● **TASK TO CARRY OUT**: From the line containing "where memory runs out." onward, every line of the entries is to be set down exactly, the last line included.

..........

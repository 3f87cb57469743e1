//! A world that events led to from the opening one, and what holds in each such world.
ghost use Rattle.std.specs.Prelude.{◌≡◌, IfOk, OnErr, OnOk};
ghost use Rattle.protocol.specs.Claims.{DeliversWelcome, committed_of, live_of};
ghost use Rattle.protocol.specs.Headline.{IsSafe};
ghost use Rattle.protocol.specs.Owner.{OwnersMove};
ghost use Rattle.protocol.specs.WayOut.{WayOut};
ghost use Rattle.protocol.specs.World.{opening, run, step};

use crate::world::World;
use protocol::{Outcome, WorldEvent};
use scheme::Scheme;
use std::alloc::Global;
use std::marker::Model;
use units::NoMemory;

/// A world that a list of events leads to from the opening world of its scheme. In contracts it is the protocol's
/// world.
///
/// In such a world no tonne is in two places and none is lost, for journals with their tails and for committed
/// journals: an allotted unit is held by one registry and owed by no transfer, or held by none and owed by exactly one
/// completed transfer; no unit is spendable in two registries; a registry that holds a unit is its owner in the log's
/// book; and no node has Completed for a transaction that another one has Rejected, Terminated or Cancelled. No
/// delivery to it is refused except where a journal is full. And starts, commits and messages alone lead from it to a
/// world at rest, where each allotted unit is spendable.
#[derive(Debug)]
pub struct ReachedWorld {
    world: World,
}

// Written out, since a derived destructor is proved anew in each crate that lets a value go.
impl Drop for ReachedWorld {
    fn drop(self) {
        let ReachedWorld { world } = self;
        drop(world);
    }
}

impl Model for ReachedWorld {
    ghost use Rattle.std.specs.Coded.{codes};
    ghost use Rattle.protocol.specs.World as protocol;
    ghost use Rattle.world.specs.Reached.{IsReached};
    ghost use Rattle.world.specs.contracts.world.World as kept_world;

    ghost Value = { protocol.World };

    ghost coded = { Prim.hlevel (codes, kept_world.the_row.coded) };

    ghost view = { λ r. r.world };

    ghost invariant = { λ r. IsReached r.world };
}

impl ReachedWorld {
    /// The opening world of a scheme: empty journals, an empty bag, all nodes running. Fails with `NoMemory` where
    /// memory runs out.
    pub fn new(alloc: Global, scheme: &Scheme) -> Result<ReachedWorld, NoMemory>
        ensures { IfOk result (λ w. w ≡ opening scheme.now) }
    {
        let world = World::new(alloc, scheme)?;
        Ok(ReachedWorld { world })
    }

    /// The world, whose nodes and messages can be looked at.
    pub fn as_world(&self) -> &World
        ensures { result.now ≡ self.now }
    {
        &self.world
    }

    /// The world, without the knowledge that events led to it.
    pub fn into_world(self) -> World
        ensures { result ≡ self }
    {
        let ReachedWorld { world } = self;
        world
    }

    /// Moves the world by an event, and returns the outcome. After `NoMemory` the world is as it was.
    ///
    /// After the event no tonne is in two places and none is lost, for journals with their tails and for committed
    /// journals. The event moves a unit's owner only by committing Completed of a transfer with the unit.
    pub fn apply(&mut self, event: &WorldEvent) -> Result<Outcome, NoMemory>
        ensures ok { IfOk result (λ o. record { world = self.new; outcome = o } ≡ step self.old event.now) }
        ensures err { OnErr result (self.new ≡ self.old) }
        ensures live { OnOk result (IsSafe self.old.scheme (live_of self.new)) }
        ensures committed { OnOk result (IsSafe self.old.scheme (committed_of self.new)) }
        ensures welcome { OnOk result (DeliversWelcome self.new) }
        ensures owners_move { OnOk result (OwnersMove self.old.scheme (committed_of self.old) (committed_of self.new)) }
        ensures way_out { OnOk result (WayOut self.new) }
    {
        self.world.step(event)
    }

    /// Moves the world by all these events, one after another.
    fn apply_all(&mut self, events: &[WorldEvent]) -> Result<(), NoMemory>
        ensures { OnOk result (self.new ≡ run self.old events.now) }
    {
        for event in events {
            self.apply(event)?;
        }
        Ok(())
    }

    /// The world that all these events lead to from the opening one, one after another, none left out. Fails with
    /// `NoMemory` where memory runs out.
    pub fn run(
        alloc: Global,
        scheme: &Scheme,
        events: &[WorldEvent],
    ) -> Result<ReachedWorld, NoMemory>
        ensures world { IfOk result (λ w. w ≡ run (opening scheme.now) events.now) }
        ensures live { IfOk result (λ w. IsSafe scheme.now (live_of w)) }
        ensures committed { IfOk result (λ w. IsSafe scheme.now (committed_of w)) }
        ensures welcome { IfOk result DeliversWelcome }
        ensures way_out { IfOk result WayOut }
    {
        let mut world = ReachedWorld::new(alloc, scheme)?;
        match world.apply_all(events) {
            Ok(()) => Ok(world),
            Err(NoMemory) => {
                drop(world);
                Err(NoMemory)
            }
        }
    }
}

..........

● **WRITTEN REPLY**:
    /// `NoMemory` where memory runs out.
    pub fn run(
        alloc: Global,
        scheme: &Scheme,
        events: &[WorldEvent],
    ) -> Result<ReachedWorld, NoMemory>
        ensures world { IfOk result (λ w. w ≡ run (opening scheme.now) events.now) }
        ensures live { IfOk result (λ w. IsSafe scheme.now (live_of w)) }
        ensures committed { IfOk result (λ w. IsSafe scheme.now (committed_of w)) }
        ensures welcome { IfOk result DeliversWelcome }
        ensures way_out { IfOk result WayOut }
    {
        let mut world = ReachedWorld::new(alloc, scheme)?;
        match world.apply_all(events) {
            Ok(()) => Ok(world),
            Err(NoMemory) => {
                drop(world);
                Err(NoMemory)
            }
        }
    }
}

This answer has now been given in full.